- _PROBLEM STATEMENT_: Transcribe each entry. Change nothing.

- _INPUT MATERIAL_:
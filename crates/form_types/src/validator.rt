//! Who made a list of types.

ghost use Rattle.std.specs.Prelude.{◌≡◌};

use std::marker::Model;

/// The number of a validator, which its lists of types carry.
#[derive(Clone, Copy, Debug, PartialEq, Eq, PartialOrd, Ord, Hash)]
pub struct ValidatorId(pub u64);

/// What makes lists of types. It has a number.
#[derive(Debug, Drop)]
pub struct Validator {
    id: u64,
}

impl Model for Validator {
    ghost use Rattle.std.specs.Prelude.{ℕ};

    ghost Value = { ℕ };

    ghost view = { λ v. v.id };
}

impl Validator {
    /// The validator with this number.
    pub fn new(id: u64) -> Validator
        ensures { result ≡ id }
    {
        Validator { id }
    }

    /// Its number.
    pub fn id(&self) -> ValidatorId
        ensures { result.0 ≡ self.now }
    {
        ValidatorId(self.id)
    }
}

- _TASK OUTPUT_:
filename crates/form_types/src/validator.rt
//! Who made a list of types.

ghost use Rattle.std.specs.Prelude.{◌≡◌};

use std::marker::Model;

/// The number of a validator, which its lists of types carry.
#[derive(Clone, Copy, Debug, PartialEq, Eq, PartialOrd, Ord, Hash)]
pub struct ValidatorId(pub u64);

/// What makes lists of types. It has a number.
#[derive(Debug, Drop)]
pub struct Validator {
    id: u64,
}

impl Model for Validator {
    ghost use Rattle.std.specs.Prelude.{ℕ};

    ghost Value = { ℕ };

    ghost view = { λ v. v.id };
}

impl Validator {
    /// The validator with this number.
    pub fn new(id: u64) -> Validator
        ensures { result ≡ id }
    {
        Validator { id }
    }

    /// Its number.
    pub fn id(&self) -> ValidatorId
        ensures { result.0 ≡ self.now }
    {
        ValidatorId(self.id)
    }
}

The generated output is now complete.